The cleaned-up list is then returned to the client, who can be confident of much better deliverability and engagement rates.
How to Set up Authentication?
It’s not that tricky to set up these facilities. Let’s take one popular email platform to see what’s involved. Hubspot is a widely used CRM that has a robust set of email marketing tools. If you want to use DKIM when sending out emails from Hubspot, here’s how.
Image sourced from knowledge.hubspot.com
Start by authenticating your domain within your Hubspot account. Create your DKIM signature and connect it to your DNS records. Hubspot will generate data for you to input into your DNS record, which will authenticate your outgoing emails. That’s pretty much it. Other email platforms will be broadly similar.
When to Look at Your Authentication?
Most of the time, your authentication system will run nice and quiet in the background, busily doing your business with unparalleled amounts of sound. However, you should check it periodically to make sure everything’s still functioning as it should. After all, what might have sufficed in the past can be rendered obsolete by the passage of time and the development of malicious practices.

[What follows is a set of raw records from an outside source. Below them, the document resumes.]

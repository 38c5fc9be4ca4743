//! One event after the other.

ghost use Rattle.std.specs.Prelude.{◌≡◌, ◌≤◌, ◌++◌, ◌∷◌, [], ℕ, List, None, reverse, nat_lt, is_some, OnOk, IfOk, IfErr, vec_len, ◌⊎◌};
ghost use Rattle.ft_fields.specs.Borrowed.{event_told, owned_body};
ghost use Rattle.ft_fields.specs.Traced.{Traced};
ghost use Rattle.ft_losses.specs.Notes.{Note, Passed};
ghost use Rattle.ft_waits.specs.Missing.{passed};
ghost use Rattle.ft_dispatch.specs.Acts.{Act, act_of};
ghost use Rattle.ft_waits.specs.LeftOut.{act_unless};
ghost use Rattle.ft_waits.specs.Reading.{place_after, act_at, in_order, acts_of, CountsEvents};
ghost use Rattle.ft_dispatch.specs.Dispatches.{dispatches};
ghost use Rattle.ft_dispatch.specs.Showings.{showings};
ghost use Rattle.ft_waits.specs.inner.Known.{Follows, IsNumbered, Misses, Orders, SumsTell, left_out_by};
ghost use Rattle.ft_dispatch.specs.Telling.{entries_of};
ghost use Rattle.ft_windows.specs.Telling.{Keeps as KeepsWindows};

use crate::fault::WaitsFault;
use crate::kept::KeptActs;
use crate::left_out::count_left_out;
use crate::missing::{Missing, none_running, notice};
use crate::starts::note_start;
use crate::state::{CPUS, State};
use crate::steps::settle;
use ft_dispatch::{Dispatch, PlacedAct, Shown, Tasks};
use ft_fields::{EventRef, Pos};
use ft_summary::Summary;
use ft_windows::Windows;
use std::alloc::{AllocError, Global};

/// No events of any CPU.
fn no_lines(alloc: Global) -> Result<Vec<u32>, AllocError>
    ensures len { IfOk result (λ lines. vec_len lines ≡ 8192) }
    ensures none { IfOk result (λ lines. CountsEvents lines.items []) }
{
    let mut lines = Vec::new(alloc);
    lines.resize(CPUS, 0)?;
    Ok(lines)
}

/// Counts an event of a CPU, and answers its place. Refused if the count does not fit.
#[inline(always)]
fn count(lines: &mut Vec<u32>, event: &EventRef<'_>) -> Result<Pos, WaitsFault>
    requires { vec_len lines.old ≡ 8192 }
    ensures len { vec_len lines.new ≡ 8192 }
    ensures place { IfOk result (λ place. (before : List Traced) → CountsEvents lines.old.items before
        → place ≡ place_after before (event_told event.now)) }
    ensures counts { OnOk result ((before : List Traced) → CountsEvents lines.old.items before
        → CountsEvents lines.new.items (event_told event.now ∷ before)) }
    ensures full { IfErr result (λ fault. (fault ≡ WaitsFault.TooLong)
        × ((before : List Traced) → CountsEvents lines.old.items before → IsNumbered before)) }
{
    let cpu = event.cpu as usize;
    let Some(line) = lines[cpu].checked_add(1) else {
        return Err(WaitsFault::TooLong);
    };
    lines[cpu] = line;
    Ok(Pos {
        stamp: event.stamp,
        cpu: event.cpu,
        line,
    })
}

/// No acts.
fn no_acts(alloc: Global) -> Result<KeptActs, AllocError>
    ensures { IfOk result (λ acts. Orders acts None 0 [] [] []) }
{
    Ok(KeptActs {
        held: Vec::new(alloc),
        tasks: Tasks::new(alloc),
        shown: Shown::new(alloc),
        windows: Windows::new(alloc)?,
    })
}

/// Goes on to a stamp: if it is a later one, the acts of the one before are taken in their order, and
/// their dispatches added.
#[inline(always)]
fn advance(
    is_later: bool,
    acts: &mut KeptActs,
    sums: &mut Option<Summary>,
    out: &mut Vec<Dispatch>,
) -> Result<(), AllocError>
    ensures orders { OnOk result ((latest stamp : ℕ) → latest ≤ stamp → is_later ≡ nat_lt latest stamp
        → (events : List Traced) (entries : List (Pos × Act)) (told : List Dispatch)
        → Orders acts.old sums.old latest events entries (told ++ out.old.items)
        → Orders acts.new sums.new stamp events entries (told ++ out.new.items)) }
    ensures sums { OnOk result (is_some sums.new ≡ is_some sums.old) }
{
    if is_later {
        settle(acts, sums, out)?;
    }
    Ok(())
}

/// Holds what an event says of who runs, if it says anything and is not left out.
#[inline(always)]
fn hold(
    held: &mut Vec<PlacedAct>,
    is_left_out: bool,
    event: &EventRef<'_>,
    place: Pos,
) -> Result<(), AllocError>
    ensures { OnOk result (entries_of held.new.items
        ≡ entries_of held.old.items ++ act_at place (act_unless is_left_out (act_of event.now.pid (owned_body event.now.body)))) }
{
    if is_left_out {
        return Ok(());
    }
    match PlacedAct::of(event.pid, &event.body, place) {
        Some(one) => held.push(one)?,
        None => {}
    }
    Ok(())
}

impl State {
    /// No events.
    pub(crate) fn new(alloc: Global) -> Result<State, AllocError>
        ensures follows { IfOk result (λ state. Follows state [] []) }
        ensures misses { IfOk result (λ state. Misses state []) }
        ensures left_out { IfOk result (λ state. state.left_out.items ≡ []) }
        ensures sums { IfOk result (λ state. state.sums ≡ None) }
    {
        Ok(State {
            lines: no_lines(alloc)?,
            first: None,
            latest: 0,
            acts: no_acts(alloc)?,
            sums: None,
            running: none_running(alloc)?,
            starts: Vec::new(alloc),
            missing: Missing::none(),
            left_out: Vec::new(alloc),
        })
    }

    /// Takes the next event, whose stamp is not before the last one's. Adds the dispatches of the events
    /// before its microsecond.
    #[inline(always)]
    pub(crate) fn push(
        &mut self,
        event: &EventRef<'_>,
        out: &mut Vec<Dispatch>,
    ) -> Result<(), WaitsFault>
        requires { self.old.latest ≤ event.now.stamp }
        ensures follows { OnOk result ((events : List Traced) (told : List Dispatch)
            → Follows self.old events (told ++ out.old.items)
            → Follows self.new (event_told event.now ∷ events) (told ++ out.new.items)) }
        ensures misses { OnOk result ((notes : List Note) → CountsEvents self.old.lines.items (passed notes)
            → Misses self.old notes → Misses self.new (Passed (event_told event.now) ∷ notes)) }
        ensures fails { IfErr result (λ fault. (fault ≡ WaitsFault.Memory) ⊎ ((fault ≡ WaitsFault.TooLong)
            × ((notes : List Note) (told : List Dispatch) → Follows self.old (passed notes) told → Misses self.old notes
            → IsNumbered (passed notes)))) }
        ensures left_out { OnOk result (left_out_by self.new.left_out.items ≡ left_out_by self.old.left_out.items) }
        ensures sums { OnOk result (is_some self.new.sums ≡ is_some self.old.sums) }
    {
        let place = count(&mut self.lines, event)?;
        note_start(&mut self.starts, &self.running, &self.missing, event, place)?;
        notice(&mut self.running, &mut self.missing, event, place)?;
        let is_later = self.latest < event.stamp;
        advance(is_later, &mut self.acts, &mut self.sums, out)?;
        self.first = Some(self.first.unwrap_or(event.stamp));
        self.latest = event.stamp;
        let is_left_out = count_left_out(&mut self.left_out, event)?;
        hold(&mut self.acts.held, is_left_out, event, place)?;
        self.acts.windows.take(event)?;
        Ok(())
    }

    /// Takes the acts that are still held, as the last ones, and adds their dispatches.
    pub(crate) fn finish(&mut self, out: &mut Vec<Dispatch>) -> Result<(), AllocError>
        ensures told { OnOk result ((events : List Traced) (told : List Dispatch)
            → Follows self.old events (told ++ out.old.items)
            → told ++ out.new.items ≡ dispatches (reverse (in_order (acts_of (left_out_by self.old.left_out.items) events)))) }
        ensures sums { OnOk result ((events : List Traced) (told : List Dispatch)
            → Follows self.old events (told ++ out.old.items)
            → SumsTell self.new.sums (reverse (in_order (acts_of (left_out_by self.old.left_out.items) events)))) }
        ensures wanted { OnOk result (is_some self.new.sums ≡ is_some self.old.sums) }
        ensures windows { OnOk result ((events : List Traced) (told : List Dispatch)
            → Follows self.old events (told ++ out.old.items)
            → KeepsWindows self.new.acts.windows events
            (showings (reverse (in_order (acts_of (left_out_by self.old.left_out.items) events))))) }
        ensures missing { self.new.missing ≡ self.old.missing }
        ensures first { self.new.first ≡ self.old.first }
        ensures latest { self.new.latest ≡ self.old.latest }
        ensures lines { self.new.lines ≡ self.old.lines }
        ensures left_out { self.new.left_out ≡ self.old.left_out }
    {
        settle(&mut self.acts, &mut self.sums, out)
    }
}
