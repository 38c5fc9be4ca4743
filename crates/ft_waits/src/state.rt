//! The events so far, as far as switches to come need them.

ghost use Rattle.std.specs.Prelude.{◌≡◌, vec_len};

use crate::kept::KeptActs;
use crate::left_out::LeftOut;
use crate::missing::Missing;
use crate::ran::Ran;
use crate::starts::Start;
use ft_summary::Summary;

/// How many CPUs there can be.
pub(crate) const CPUS: usize = 8192;

/// What is kept of the events so far.
#[derive(Drop)]
pub(crate) struct State {
    /// How many events each CPU had.
    pub(crate) lines: Vec<u32>,
    /// The first event's stamp.
    pub(crate) first: Option<u64>,
    /// The last event's stamp.
    pub(crate) latest: u64,
    /// Its acts, and what is known by the acts before it.
    pub(crate) acts: KeptActs,
    /// What the acts before that stamp sum up to, if that is wanted.
    pub(crate) sums: Option<Summary>,
    /// What each CPU runs, if a line says anything of it.
    pub(crate) running: Vec<Option<Ran>>,
    /// The first event of each CPU, in the order of the text, if no line before says that the CPU lost events.
    pub(crate) starts: Vec<Start>,
    /// Switches that are missing.
    pub(crate) missing: Missing,
    /// Events that are left out: they say nothing of who runs.
    pub(crate) left_out: Vec<LeftOut>,
    ghost all_cpus: { vec_len lines ≡ 8192 },
    ghost each_cpu: { vec_len running ≡ 8192 },
}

There are several ways of doing this. The most basic approach is to adopt manual testing concepts like just sending an email to your account and seeing what happens. You’ll then see exactly what transpires in terms of the message being safely delivered in the first place and not shoved into Spam. A side benefit here is that you can pretend to be the customer. In doing so, you can try to appreciate how the email comes across to someone not connected with the company. Is it clear? Is it too pushy? Is it too passive?
Another technique worth adopting is monitoring your marketing data. If there are unexplained surges in rejected messages or a plummeting engagement, then your authentication might be something amiss. Your email platform should be able to deliver this information - go to the marketing area and check email details to see the performance data you need.

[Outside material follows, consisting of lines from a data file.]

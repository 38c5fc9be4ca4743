//! What is kept of a text that comes in pieces.

ghost use Rattle.std.specs.Prelude.{◌≡◌, ◌==◌, false};
ghost use Rattle.std.specs.List.{list_any};

use crate::fault::WaitsFault;
use crate::reading::Reading;

/// The switches to tasks in a trace text that comes in pieces of any size.
#[derive(Drop)]
pub struct Waits {
    pub(crate) reading: Reading,
    /// The beginning of a line that has not ended.
    pub(crate) unended: Vec<u8>,
    /// Why the text is read no further.
    pub(crate) failed: Option<WaitsFault>,
    ghost unbroken: { list_any (λ b. b == 10) unended.items ≡ false },
}
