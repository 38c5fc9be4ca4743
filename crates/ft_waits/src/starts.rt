//! The first events of CPUs: by them a part that was read apart shows whether switches are missing before it.

ghost use Rattle.std.specs.Prelude.{◌≡◌, ◌++◌, None, OnOk, slice_index_or};
ghost use Rattle.ft_waits.specs.inner.Starts.{started, start_of};

use crate::missing::Missing;
use crate::ran::Ran;
use ft_fields::{EventRef, Pos};
use std::alloc::AllocError;

/// The first event of a CPU.
#[derive(Clone, Copy, Debug, PartialEq, Eq)]
pub(crate) struct Start {
    /// The task that ran.
    pub(crate) pid: i32,
    /// Where the event stands.
    pub(crate) place: Pos,
    /// Whether no event before it shows that a switch is missing.
    pub(crate) is_clear: bool,
}

/// What a CPU runs, if a line says anything of it.
#[inline(always)]
pub(crate) fn running_on(running: &[Option<Ran>], cpu: u16) -> Option<Ran>
    ensures { result ≡ slice_index_or running.now cpu None }
{
    match running.get(usize::from(cpu)) {
        Some(ran) => *ran,
        None => None,
    }
}

/// Takes note of an event at its place, if it is the first one of its CPU, and no line before says that the CPU
/// lost events.
#[inline(always)]
pub(crate) fn note_start(
    starts: &mut Vec<Start>,
    running: &[Option<Ran>],
    missing: &Missing,
    event: &EventRef<'_>,
    place: Pos,
) -> Result<(), AllocError>
    ensures { OnOk result (starts.new.items ≡ starts.old.items
        ++ started (slice_index_or running.now event.now.cpu None) (start_of event.now.pid place missing.now)) }
{
    if running_on(running, event.cpu).is_none() {
        starts.push(Start {
            pid: event.pid,
            place,
            is_clear: missing.first.is_none(),
        })?;
    }
    Ok(())
}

DMARC is another source of information, so do use it if you’ve got it. It’s a good idea to do this kind of check regularly in any case, but especially before any significant marketing operation.
After all, marketing campaigns aren’t cheap, and you don’t want your effort scuppered because of faulty authentication. Authentication will ensure that this connection gets made in the first place. Another good idea is to check your authentication records if you’ve changed your DNS provider, as this can play havoc with authentication.

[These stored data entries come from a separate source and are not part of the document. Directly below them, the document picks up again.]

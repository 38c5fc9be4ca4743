//! A text that comes in pieces, and the dispatches in it.

ghost use Rattle.std.specs.Prelude.{◌≡◌, ◌==◌, ◌<◌, ◌-◌, ◌++◌, ◌∷◌, [], List, ℕ, false, length, take, OnOk, OnErr, IfOk, IfErr, IfSome, IfNone, Some, None, ◌≢◌};
ghost use Rattle.std.specs.List.{list_any};
ghost use Rattle.ft_event.specs.Line.{line_of};
ghost use Rattle.ft_fields.specs.Traced.{Traced};
ghost use Rattle.ft_dispatch.specs.declared.showing.Showing.{Showing};
ghost use Rattle.ft_losses.specs.Notes.{Note};
ghost use Rattle.ft_losses.specs.Telling.{Keeps};
ghost use Rattle.ft_windows.specs.Telling.{Keeps as KeepsWindows};
ghost use Rattle.ft_waits.specs.Lost.{AreAllLosses};
ghost use Rattle.ft_waits.specs.Choice.{Choice, all_events, and_sums, and_without};
ghost use Rattle.ft_waits.specs.Reading.{history, FailsAt, Fails};
ghost use Rattle.ft_waits.specs.Streams.{HasRead, AreDispatches};
ghost use Rattle.ft_waits.specs.inner.Streams.{choice_of, Reads, EndsLines, ReadsLines, ReadsOn, TakesLine, FailsLine, FailsIn, Cuts, room};

use crate::fault::{BadLines, TextRead, WaitsFault, WithoutFault};
use crate::left_out::{Without, add};
use crate::reading::Reading;
use crate::so_far::last_stamp;
use crate::stream::Waits;
use crate::summing::sums_of;
use ft_dispatch::Dispatch;
use ft_losses::{Losses, LossesRead};
use ft_summary::Summary;
use ft_windows::Windows;
use memchr::memchr;
use std::alloc::{AllocError, Global};

/// How many bytes are kept of a line that has not ended: one more than a line may have.
const ROOM: usize = 4097;

/// Splits off the first line of a text, if byte 10 ends it.
#[inline(always)]
fn split_first_line(text: &[u8]) -> Option<(&[u8], &[u8])>
    ensures cut { IfSome result (λ cut. text.now ≡ cut.0.now ++ 10 ∷ cut.1.now) }
    ensures line { IfSome result (λ cut. list_any (λ b. b == 10) cut.0.now ≡ false) }
    ensures none { IfNone result (list_any (λ b. b == 10) text.now ≡ false) }
    ensures shorter { IfSome result (λ cut. length cut.1.now < length text.now) }
{
    match memchr(b'\n', text) {
        Some(end) => Some((&text[..end], &text[end + 1..])),
        None => None,
    }
}

/// Adds bytes to a line that has not ended, of which no more are kept than there is room for.
fn keep(unended: &mut Vec<u8>, bytes: &[u8]) -> Result<(), AllocError>
    ensures ok { OnOk result (unended.new.items ≡ unended.old.items ++ take (room - length unended.old.items) bytes.now) }
    ensures err { OnErr result (unended.new.items ≡ unended.old.items) }
{
    let left = ROOM.saturating_sub(unended.len());
    unended.extend_from_slice(&bytes[..left.min(bytes.len())])
}

/// Takes the lines of a text that a byte 10 ends, and answers what follows them.
fn take_lines<'t>(
    reading: &mut Reading,
    text: &'t [u8],
    out: &mut Vec<Dispatch>,
) -> Result<&'t [u8], WaitsFault>
    ensures reads { IfOk result (λ rest. ReadsOn reading.old out.old.items text.now reading.new out.new.items rest.now) }
    ensures unbroken { IfOk result (λ rest. list_any (λ b. b == 10) rest.now ≡ false) }
    ensures fails { IfErr result (λ fault. FailsIn reading.old out.old.items text.now fault) }
    ensures choice { OnOk result (choice_of reading.new ≡ choice_of reading.old) }
{
    let mut rest = text;
    while let Some((line, behind)) = split_first_line(rest) {
        reading.take_line(line, out)?;
        rest = behind;
    }
    Ok(rest)
}

/// Takes a text before which no line has begun, and keeps the line that has not ended at its end.
fn go_on(
    reading: &mut Reading,
    unended: &mut Vec<u8>,
    part: &[u8],
    out: &mut Vec<Dispatch>,
) -> Result<(), WaitsFault>
    requires { unended.old.items ≡ [] }
    ensures unbroken { list_any (λ b. b == 10) unended.new.items ≡ false }
    ensures reads { OnOk result ((text : List ℕ) (before : List (List ℕ)) (told : List Dispatch)
        → Cuts text before part.now → ReadsLines reading.old before (told ++ out.old.items)
        → Reads (choice_of reading.old) reading.new unended.new.items text (told ++ out.new.items)) }
    ensures fails { IfErr result (λ fault. FailsIn reading.old out.old.items part.now fault) }
{
    let rest = take_lines(reading, part, out)?;
    keep(unended, rest)?;
    Ok(())
}

/// Takes the line that has not ended, as it ends here: nothing is kept of it then.
fn take_unended(
    reading: &mut Reading,
    unended: &mut Vec<u8>,
    out: &mut Vec<Dispatch>,
) -> Result<(), WaitsFault>
    requires { list_any (λ b. b == 10) unended.old.items ≡ false }
    ensures ok { OnOk result (TakesLine unended.old.items reading.old out.old.items reading.new out.new.items) }
    ensures err { IfErr result (λ fault. FailsLine (line_of unended.old.items) reading.old fault) }
    ensures choice { OnOk result (choice_of reading.new ≡ choice_of reading.old) }
    ensures none { OnOk result (unended.new.items ≡ []) }
    ensures unbroken { list_any (λ b. b == 10) unended.new.items ≡ false }
{
    reading.take_line(unended, out)?;
    unended.clear();
    Ok(())
}

/// Takes a piece of the text after a line that has not ended.
fn take_piece(
    reading: &mut Reading,
    unended: &mut Vec<u8>,
    piece: &[u8],
    out: &mut Vec<Dispatch>,
) -> Result<(), WaitsFault>
    requires { list_any (λ b. b == 10) unended.old.items ≡ false }
    ensures unbroken { list_any (λ b. b == 10) unended.new.items ≡ false }
    ensures reads { OnOk result ((choice : Choice) (text : List ℕ) (told : List Dispatch)
        → Reads choice reading.old unended.old.items text (told ++ out.old.items)
        → Reads choice reading.new unended.new.items (text ++ piece.now) (told ++ out.new.items)) }
    ensures fails { IfErr result (λ fault. (choice : Choice) (text : List ℕ) (told : List Dispatch)
        → Reads choice reading.old unended.old.items text (told ++ out.old.items)
        → Fails choice.bad_lines (text ++ piece.now) fault) }
{
    match split_first_line(piece) {
        Some((front, behind)) => {
            keep(unended, front)?;
            take_unended(reading, unended, out)?;
            go_on(reading, unended, behind, out)
        }
        None => {
            keep(unended, piece)?;
            Ok(())
        }
    }
}

/// Takes the line that has not ended, if there is one, as the last.
fn take_last(
    reading: &mut Reading,
    unended: &[u8],
    out: &mut Vec<Dispatch>,
) -> Result<(), WaitsFault>
    requires { list_any (λ b. b == 10) unended.now ≡ false }
    ensures reads { OnOk result ((choice : Choice) (text : List ℕ) (told : List Dispatch)
        → Reads choice reading.old unended.now text (told ++ out.old.items)
        → EndsLines choice reading.new text (told ++ out.new.items)) }
    ensures fails { IfErr result (λ fault. (choice : Choice) (text : List ℕ) (told : List Dispatch)
        → Reads choice reading.old unended.now text (told ++ out.old.items)
        → FailsAt choice.bad_lines (history text) fault) }
{
    if unended.is_empty() {
        return Ok(());
    }
    reading.take_line(unended, out)
}

/// What was lost of a text: as its lines report it, and as no line reports it. Fails only for memory.
fn all_losses(alloc: Global, losses: Losses, windows: &Windows) -> Result<LossesRead, AllocError>
    ensures { IfOk result (λ read. (notes : List Note) (events : List Traced) (shown : List Showing)
        → Keeps losses notes → KeepsWindows windows.now events shown → AreAllLosses notes events shown read) }
{
    let told = losses.told(alloc)?;
    let mut read = losses.finish(alloc)?;
    windows.add_to(alloc, &told, &mut read.holes)?;
    Ok(read)
}

/// Ends the text: what has not ended is its last line, and its last microsecond is over.
fn end(
    alloc: Global,
    reading: Reading,
    unended: &[u8],
    out: &mut Vec<Dispatch>,
) -> Result<TextRead, WaitsFault>
    requires { list_any (λ b. b == 10) unended.now ≡ false }
    ensures reads { IfOk result (λ read. (choice : Choice) (text : List ℕ) (told : List Dispatch)
        → Reads choice reading unended.now text (told ++ out.old.items)
        → AreDispatches choice text (told ++ out.new.items) read) }
    ensures fails { IfErr result (λ fault. (choice : Choice) (text : List ℕ) (told : List Dispatch)
        → Reads choice reading unended.now text (told ++ out.old.items)
        → FailsAt choice.bad_lines (history text) fault) }
{
    let mut reading = reading;
    take_last(&mut reading, unended, out)?;
    reading.state.finish(out)?;
    let Reading {
        read,
        losses,
        state,
        ..
    } = reading;
    let losses = all_losses(alloc, losses, &state.acts.windows)?;
    Ok(TextRead {
        lines: read,
        first: state.first,
        last: last_stamp(state.first, state.latest),
        events: state.lines,
        missing: state.missing,
        left_out: state.left_out,
        sums: sums_of(alloc, &state.sums)?,
        losses,
    })
}

impl Waits {
    /// A stream of which nothing is read, and what it does with lines that can't be read.
    pub fn new(alloc: Global, bad_lines: BadLines) -> Result<Waits, AllocError>
        ensures reads { IfOk result (λ waits. HasRead (all_events bad_lines) waits [] []) }
        ensures well { IfOk result (λ waits. waits.failed ≡ None) }
    {
        Ok(Waits {
            reading: Reading::new(alloc, bad_lines)?,
            unended: Vec::new(alloc),
            failed: None,
        })
    }

    /// Leaves events out of the text to come: they say nothing of who runs, and all else is as it
    /// would be with them. After several calls, each `Without` counts the events that it leaves
    /// out. Refused for memory, and once bytes of the text were read: the stream is as before then.
    pub fn leave_out(&mut self, without: Without) -> Result<(), WithoutFault>
        ensures adds { OnOk result ((choice : Choice) (text : List ℕ) (told : List Dispatch)
            → HasRead choice self.old text told
            → (text ≡ []) × HasRead (and_without choice without) self.new text told) }
        ensures failed { self.new.failed ≡ self.old.failed }
        ensures late { result ≡ Err WithoutFault.Late → self.old.failed ≡ None
            → (choice : Choice) (text : List ℕ) (told : List Dispatch)
            → HasRead choice self.old text told → text ≢ [] }
        ensures same { result ≡ Err WithoutFault.Late → self.new ≡ self.old }
        ensures stays { OnErr result ((choice : Choice) (text : List ℕ) (told : List Dispatch)
            → HasRead choice self.old text told → HasRead choice self.new text told) }
    {
        if self.has_begun() {
            return Err(WithoutFault::Late);
        }
        match add(&mut self.reading.state.left_out, without) {
            Ok(()) => Ok(()),
            Err(_) => Err(WithoutFault::Memory),
        }
    }

    /// Sums up the tasks and CPUs of the text to come as well, by its events without those that are left
    /// out. Refused once bytes of the text were read: the stream is as before then.
    pub fn sum_up(&mut self, alloc: Global) -> Result<(), WithoutFault>
        ensures adds { OnOk result ((choice : Choice) (text : List ℕ) (told : List Dispatch)
            → HasRead choice self.old text told
            → (text ≡ []) × HasRead (and_sums choice) self.new text told) }
        ensures failed { self.new.failed ≡ self.old.failed }
        ensures late { IfErr result (λ fault. (fault ≡ WithoutFault.Late) × (self.new ≡ self.old)) }
        ensures begun { result ≡ Err WithoutFault.Late → self.old.failed ≡ None
            → (choice : Choice) (text : List ℕ) (told : List Dispatch)
            → HasRead choice self.old text told → text ≢ [] }
    {
        if self.has_begun() {
            return Err(WithoutFault::Late);
        }
        self.reading.state.sums = Some(Summary::new(alloc));
        Ok(())
    }

    /// Takes the next piece of the text, and adds the dispatches of lines that ended so far, except for
    /// those of the last microsecond.
    ///
    /// Fails for memory, at more than 4,294,967,295 lines, and at the first line that is refused: it
    /// can't be read, unless such lines are skipped, or its stamp is before the last event's. Once it
    /// failed, the answer stays the same.
    pub fn feed(&mut self, piece: &[u8], out: &mut Vec<Dispatch>) -> Result<(), WaitsFault>
        ensures reads { OnOk result ((choice : Choice) (text : List ℕ) (told : List Dispatch)
            → HasRead choice self.old text (told ++ out.old.items)
            → HasRead choice self.new (text ++ piece.now) (told ++ out.new.items)) }
        ensures fails { IfErr result (λ fault. (choice : Choice) (text : List ℕ) (told : List Dispatch)
            → HasRead choice self.old text (told ++ out.old.items)
            → Fails choice.bad_lines (text ++ piece.now) fault) }
        ensures well { OnOk result (self.new.failed ≡ None) }
        ensures stays { IfErr result (λ fault. self.new.failed ≡ Some fault) }
        ensures again { IfSome self.old.failed (λ fault. (result ≡ Err fault)
            × (self.new ≡ self.old) × (out.new.items ≡ out.old.items)) }
    {
        if let Some(fault) = self.failed {
            return Err(fault);
        }
        match take_piece(&mut self.reading, &mut self.unended, piece, out) {
            Ok(()) => Ok(()),
            Err(fault) => {
                self.failed = Some(fault);
                Err(fault)
            }
        }
    }

    /// Takes the line that has not ended, if there is one, as the last, and adds the dispatches that are
    /// left. Answers how many lines there were and which can't be read, which switches are missing, and
    /// where events were lost, as lines report it and as events show it.
    ///
    /// Fails as `feed` does.
    pub fn finish(self, alloc: Global, out: &mut Vec<Dispatch>) -> Result<TextRead, WaitsFault>
        ensures reads { IfOk result (λ read. (choice : Choice) (text : List ℕ) (told : List Dispatch)
            → HasRead choice self text (told ++ out.old.items)
            → AreDispatches choice text (told ++ out.new.items) read) }
        ensures fails { IfErr result (λ fault. (choice : Choice) (text : List ℕ) (told : List Dispatch)
            → HasRead choice self text (told ++ out.old.items)
            → FailsAt choice.bad_lines (history text) fault) }
    {
        let Waits {
            reading,
            unended,
            failed,
        } = self;
        match failed {
            Some(fault) => Err(fault),
            None => end(alloc, reading, &unended, out),
        }
    }
}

We can learn a lot from newspapers and other media. They spend a great deal of time and effort establishing and nurturing their reputations so that people learn to trust them. Anything that might interfere with that reputation - an uncorroborated story, for instance - is treated with extreme caution.
So it should be with anything that impacts your business profile. Being associated with unwanted elements cannot harm your hard-won reputation for honesty and competence. Using email authentication, you can be sure that this crucial part of your communication with your customers is as free as possible from sham, scam, and spam.